アジャンターの遺跡を後に、鉄道駅のあるブサワルへと向かう。午後8時15分発の夜行列車で、サーンチーを訪れる予定である。
道路沿いには、綿畑が続いている。マンゴー畑も点在している。このマンゴーは、8月ごろに実ったものが美味しいようだ。この辺は、気温の高いときは50度前後にもなるという。暑い地域であるが、マンゴーの栽培には適しているらしい。
1時間ほど走ったところで、小さな町の小奇麗なレストランに入る。乗車時間の関係で、忙しない夕食を済ませるや否や、駅へと向かう。今日は、列車が混み合っているという。少々せっかちな、ガイドのG氏らしい先手管理である。
暗闇の道路を30分ほど走ると、ブサワル駅に着いた。G氏が言っていた通り、駅の周辺からごった返していた。
どこも薄暗くてはっきり見えないが、ポーターたちは大きなトランクを頭上に載せて、走り回っている。我々のトランクも、すぐに運ばれていった。
ホームも、溢れんばかりの人、人、人……である。トランクは纏めて車内に持ち込むようで、G氏と六人の若者のポーターたちと、搬入方法を打ち合わせている。
近くにいたポーターたちが傍に来て、わたしの髭を指差しながら、「グッド、グッド」と言いつつ、ニヤニヤしている。先ほど、G氏が笑いながら言っていた言葉を思い出した。
「日本とは違って、ここはインドです。列車が時間通りに来るのは、本当に稀です」
その言葉通り、列車がホームに入ってきたのは、定刻よりも40分以上遅れていた。


よく見ないとシート番号が分かり難いが、自身の寝場所が確保できて、ほっとした。それにしても、思っていた寝台車とは程遠い。コンパートメントをイメージしていたが、カーテンの仕切りもない、三段式寝台である。わたしの塒は、出入りし難い最上階である。
手摺を継ぎ足したようなステップは、上り難い。滑らないように注意しつつ、攀じ登る。係りの青年が、毛布とシーツを運んできたのは、だいぶ時間が経ってからだった。
三階のベッドで横になっていると、隣の寝台にいるA氏のお誘いがあった。ちょうど退屈していたところなので、ありがたく訪ねた。
A氏と奥さんと、その友達がいる席に、わたしが加わって、4人での寝台パーティーが始まった。A氏は、スコッチ・ウィスキーを準備してあった。
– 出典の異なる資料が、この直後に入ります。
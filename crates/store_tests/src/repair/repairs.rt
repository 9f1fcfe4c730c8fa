//! What a repair of a stripe says and leaves.
use crate::repair::asserting::assert_holds;
use crate::repair::cases::{
    Act, CHECKED, Case, FEW, FROM_ALL, REPLACING, WHOLE, is_left, is_left_in, is_repaired,
    outcome_of, put_case, store_of,
};
use crate::repair::lengths::EMPTY;
use crate::repair::samples::{NARROW, WIDE};
use lrc_code::{Code, Place};
use std::alloc::{AllocError, Global};
use std::process::Abort;
use store_repair::{MemoryStore, Reads, Repair, StripeOutcome};

/// One that takes only one fragment to be damaged.
const GUESSING: Repair = Repair {
    code: Code::Narrow,
    reads: Reads::All,
    replace_damaged: true,
    assume_one_damaged: true,
    elsewhere: false,
};

const DAMAGED: &str = "is damaged: only without it the others belong together";

const TAKEN: &str =
    "is taken for the damaged one, which is a guess: only without it the others belong together";

const NO_CHECK: &str = "isn't replaced: no check covers what would be put in its place";

const SEVERAL: &str = "can't be rebuilt: the fragments that survive don't determine it";

/// The fragments of group Y.
const GROUP: &[Place] = &[Place::Y0, Place::Y1, Place::Y2, Place::Py];

/// They, none of which is determined.
const NONE_OF_GROUP: &[(Option<Place>, &str)] = &[
    (Some(Place::Y0), SEVERAL),
    (Some(Place::Y1), SEVERAL),
    (Some(Place::Y2), SEVERAL),
    (Some(Place::Py), SEVERAL),
];

/// A stripe without x0, whose py is 01 in place of 07.
const REPLACED: Case<'static> = Case {
    name: "a damaged fragment is replaced and kept",
    lost: &[Place::X0],
    changes: &[(Place::Py, b"\x01")],
    repair: REPLACING,
    rebuilt: &[Place::X0, Place::Py],
    survivors: 8,
    said: &[(Some(Place::Py), DAMAGED)],
    ..WHOLE
};

static CASES: [Case<'static>; 9] = [
    Case {
        name: "two of a group are covered by no survivors: all are read",
        sample: &NARROW,
        lost: &[Place::X0, Place::X1],
        repair: CHECKED,
        rebuilt: &[Place::X0, Place::X1],
        survivors: 8,
        is_covered: false,
        ..WHOLE
    },
    Case {
        name: "of the survivors that are read one is damaged: all are read, which say which it is",
        lost: &[Place::X0],
        changes: &[(Place::Y1, b"\x77")],
        repair: CHECKED,
        rebuilt: &[Place::X0],
        survivors: 8,
        said: &[(Some(Place::Y1), DAMAGED)],
        left: &[Place::Y1],
        ..WHOLE
    },
    Case {
        name: "a stripe that lost nothing isn't read, so that damage in it isn't looked for",
        changes: &[(Place::Y0, b"\x77")],
        repair: CHECKED,
        survivors: 0,
        is_checked: false,
        left: &[Place::Y0],
        ..WHOLE
    },
    Case {
        name: "a fragment of another length isn't among the few; for the second of a group a global is read",
        sample: &NARROW,
        lost: &[Place::X0],
        changes: &[(Place::X1, b"")],
        repair: FEW,
        rebuilt: &[Place::X0],
        survivors: 6,
        is_checked: false,
        is_covered: false,
        said: &[(
            Some(Place::X1),
            "has another length than the other fragments of the stripe",
        )],
        left: &[Place::X1],
        ..WHOLE
    },
    Case {
        name: "what few survivors don't determine isn't determined by all",
        lost: &[Place::X0, Place::Y0, Place::Y1, Place::Y2, Place::Py],
        repair: FEW,
        rebuilt: &[Place::X0],
        survivors: 3,
        is_checked: false,
        is_covered: false,
        said: NONE_OF_GROUP,
        left: GROUP,
        ..WHOLE
    },
    REPLACED,
    Case {
        name: "a damaged fragment stays where none is to be replaced",
        repair: FROM_ALL,
        rebuilt: &[Place::X0],
        left: &[Place::Py],
        ..REPLACED
    },
    Case {
        name: "of all of a group nothing is determined",
        lost: GROUP,
        repair: REPLACING,
        survivors: 6,
        said: NONE_OF_GROUP,
        left: GROUP,
        ..WHOLE
    },
    Case {
        name: "what else is lost is determined",
        lost: &[Place::X0, Place::Y0, Place::Y1, Place::Y2, Place::Py],
        repair: REPLACING,
        rebuilt: &[Place::X0],
        survivors: 5,
        is_checked: false,
        is_covered: false,
        said: NONE_OF_GROUP,
        left: GROUP,
        ..WHOLE
    },
];

/// Cases in which what is rebuilt isn't covered, and may be wrong.
static UNCOVERED: [Case<'static>; 7] = [
    EMPTY,
    DAMAGE_ALIKE,
    Case {
        sample: &WIDE,
        changes: &[
            (Place::X2, b"\x0a\xe6\x8b\x3b\xe6"),
            (Place::Px, b"\x2c\xab\xad\x9a\xeb"),
        ],
        survivors: 14,
        ..DAMAGE_ALIKE
    },
    GUESSED,
    Case {
        sample: &WIDE,
        changes: &[(Place::X2, b"\x0a\xbc\xd1\x61\xbc")],
        survivors: 14,
        ..GUESSED
    },
    Case {
        name: WRONG_GUESS,
        changes: &[
            (Place::X0, b"\x9a\x9a\x78\x06\x94"),
            (Place::X1, b"\x28\xc3\xa6\x84\x1c"),
        ],
        is_right: false,
        left: &[Place::X0, Place::X1],
        ..GUESSED
    },
    Case {
        name: WRONG_GUESS,
        sample: &WIDE,
        changes: &[
            (Place::X0, b"\xd4\x6b\xce\x4f\xc4"),
            (Place::X1, b"\x12\x55\xfa\x7b\x54"),
        ],
        is_right: false,
        survivors: 14,
        left: &[Place::X0, Place::X1],
        ..GUESSED
    },
];

/// Where x0 and x1 are lost, x2 and px that are damaged by the same bytes look like those of a stripe, since the coefficients of x0, x1 and
/// x2 add up to 00, and their squares do: what is rebuilt is wrong, nothing shows, and it isn't covered. Here it is 5a of each byte.
const DAMAGE_ALIKE: Case<'static> = Case {
    name: "damage of two that doesn't show is not covered",
    sample: &NARROW,
    lost: &[Place::X0, Place::X1],
    changes: &[
        (Place::X2, b"\x9a\x2a\x17\xfc\x90"),
        (Place::Px, b"\x28\x73\xc9\x7e\x18"),
    ],
    rebuilt: &[Place::X0, Place::X1],
    is_right: false,
    survivors: 8,
    is_covered: false,
    left: &[Place::X2, Place::Px],
    ..WHOLE
};

/// Without px, x2 is taken for the damaged one: px is rebuilt from the guess, and x2 stays. The first byte of x2 is changed by 5a.
const GUESSED: Case<'static> = Case {
    name: "what is rebuilt by a guess is unchecked",
    sample: &NARROW,
    lost: &[Place::Px],
    changes: &[(Place::X2, b"\x9a\x70\x4d\xa6\xca")],
    repair: GUESSING,
    rebuilt: &[Place::Px],
    survivors: 8,
    is_checked: false,
    is_covered: false,
    said: &[(Some(Place::X2), TAKEN), (Some(Place::X2), NO_CHECK)],
    left: &[Place::X2],
    ..WHOLE
};

const WRONG_GUESS: &str = "without px, x0 and x1 that are exchanged look like a damaged x2";

#[test]
fn each_case_is_repaired_as_it_says(rt: HostRuntime) {
    for case in &CASES {
        let is = is_repaired(&rt, rt.alloc(), case);
        assert_holds(&rt, is, case.name);
    }
}

#[test]
fn what_is_not_covered_may_be_wrong(rt: HostRuntime) {
    for case in &UNCOVERED {
        let is = is_repaired(&rt, rt.alloc(), case);
        assert_holds(&rt, is, case.name);
    }
}

/// The damaged stripe. Tests that use a static are proved faster than those that use a constant, which each use lays out anew.
static DAMAGED_ONE: Case<'static> = REPLACED;

/// The same, of which nothing is rebuilt.
static UNTOUCHED_ONE: Case<'static> = UNTOUCHED;

/// A stripe of which as much is repaired as is lost.
static WHOLE_ONE: Case<'static> = WHOLE;

/// Repairs a case's stripe in a store.
fn repair(
    rt: &impl Abort,
    alloc: Global,
    store: &mut MemoryStore,
    case: &Case<'_>,
) -> StripeOutcome {
    outcome_of(alloc, store, case, Act::Repair).expect(rt, "an outcome")
}

/// What was replaced before isn't lost: a second one stays where it is.
#[test]
fn second_damaged_fragment_of_a_place_stays(rt: HostRuntime) {
    let case = &DAMAGED_ONE;
    let name = case.sample.name;
    let mut store = store_of(&rt, rt.alloc(), case);
    repair(&rt, rt.alloc(), &mut store, case);
    store
        .put(name, Place::Py, b"\x02")
        .expect(&rt, "room for a fragment");
    let outcome = repair(&rt, rt.alloc(), &mut store, case);
    let is = outcome.rebuilt.is_empty()
        && store.fragment(name, Place::Py) == Some(b"\x02".as_slice())
        && store.kept(name, Place::Py) == Some(b"\x01".as_slice());
    assert_holds(&rt, is, "the second stays, and the first is kept");
}

/// Stripes of one store, of which the last is repaired.
static STRIPES: [Case<'static>; 3] = [
    UNTOUCHED,
    Case {
        sample: &NARROW,
        lost: &[Place::X0],
        left: &[Place::X0],
        ..WHOLE
    },
    OF_TWO,
];

const OF_TWO: Case<'static> = Case {
    sample: &WIDE,
    lost: &[Place::X3, Place::Y5],
    repair: REPLACING,
    ..WHOLE
};

/// Other stripes of the store have losses and damage of their own.
#[test]
fn other_stripes_are_as_they_were(rt: HostRuntime) {
    let mut store = MemoryStore::new(rt.alloc());
    for case in &STRIPES {
        put_case(&mut store, case).expect(&rt, "room for a case");
    }
    repair(&rt, rt.alloc(), &mut store, &STRIPES[2]);
    for case in &STRIPES {
        assert_holds(&rt, is_left_in(&store, case), case.sample.name);
    }
}

/// So many bytes are longer than a window.
const LONG: usize = 200_001;

/// So many bytes of a value.
fn long_of(rt: &impl Abort, alloc: Global, byte: u8) -> Vec<u8> {
    vec![in alloc; byte; LONG].expect(rt, "room for a fragment")
}

/// The short stripe's fragments with each byte repeated, without x1 and p1.
fn long_store(rt: &impl Abort, alloc: Global) -> MemoryStore {
    let mut store = MemoryStore::new(alloc);
    for (place, bytes) in WHOLE_ONE.sample.fragments {
        if *place != Place::X1 && *place != Place::P1 {
            let long = long_of(rt, alloc, *bytes.first().unwrap_or(&0));
            let put = store.put(WHOLE_ONE.sample.name, *place, long.as_slice());
            put.expect(rt, "room for a fragment");
        }
    }
    store
}

/// Fragments that are longer than a window. At each position they are those of the short stripe, without x1 and p1.
#[test]
fn long_fragments_come_back(rt: HostRuntime) {
    let mut store = long_store(&rt, rt.alloc());
    let outcome = repair(&rt, rt.alloc(), &mut store, &WHOLE_ONE);
    assert_holds(&rt, outcome.rebuilt.len() == 2, "two are rebuilt");
    for (place, byte) in [(Place::X1, 0x02), (Place::P1, 0x6e)] {
        let long = long_of(&rt, rt.alloc(), byte);
        let is = store.fragment(WHOLE_ONE.sample.name, place) == Some(long.as_slice());
        assert_holds(&rt, is, place.name());
    }
}

/// The damaged stripe, of which nothing is rebuilt.
const UNTOUCHED: Case<'static> = Case {
    left: &[Place::X0, Place::Py],
    ..REPLACED
};

/// Whether each name of a store is as it was or rebuilt, and rebuilt where the repair is done.
fn is_as_it_was_or_rebuilt(store: &MemoryStore, is_repaired: bool) -> bool {
    let sample = DAMAGED_ONE.sample;
    for place in sample.code.places() {
        let bytes = store.fragment(sample.name, *place);
        let kept = store.kept(sample.name, *place);
        if !is_left(&DAMAGED_ONE, *place, bytes, kept)
            && (is_repaired || !is_left(&UNTOUCHED_ONE, *place, bytes, kept))
        {
            return false;
        }
    }
    true
}

/// In a run that refuses an allocation this ends with the refusal, and then each name is as it was or rebuilt.
#[test]
fn each_name_is_as_it_was_or_rebuilt(rt: HostRuntime) -> Result<(), AllocError> {
    let mut store = MemoryStore::new(rt.alloc());
    put_case(&mut store, &DAMAGED_ONE)?;
    let repaired = outcome_of(rt.alloc(), &mut store, &DAMAGED_ONE, Act::Repair);
    let is = is_as_it_was_or_rebuilt(&store, repaired.is_ok());
    assert_holds(&rt, is, "each is as it was or rebuilt");
    repaired?;
    Ok(())
}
あいにく、誰もグラスを持ち合わせていなかったので、それぞれに、ミネラル・ウォーターのキャップを代用する。揺れる列車の中、小さなキャップに注ぐときに、こぼしてしまう方が多い。そんなママゴトのような仕草に、顔を見合せて笑い合った。旅のエピソードなど、時間の経つのも忘れて話が弾んだ。
後で知ったことだが、インドでは列車内での飲酒は、禁止されているそうだ。そういえば、通路を通り抜けて行くインド人たちは、怪訝な顔をしていた。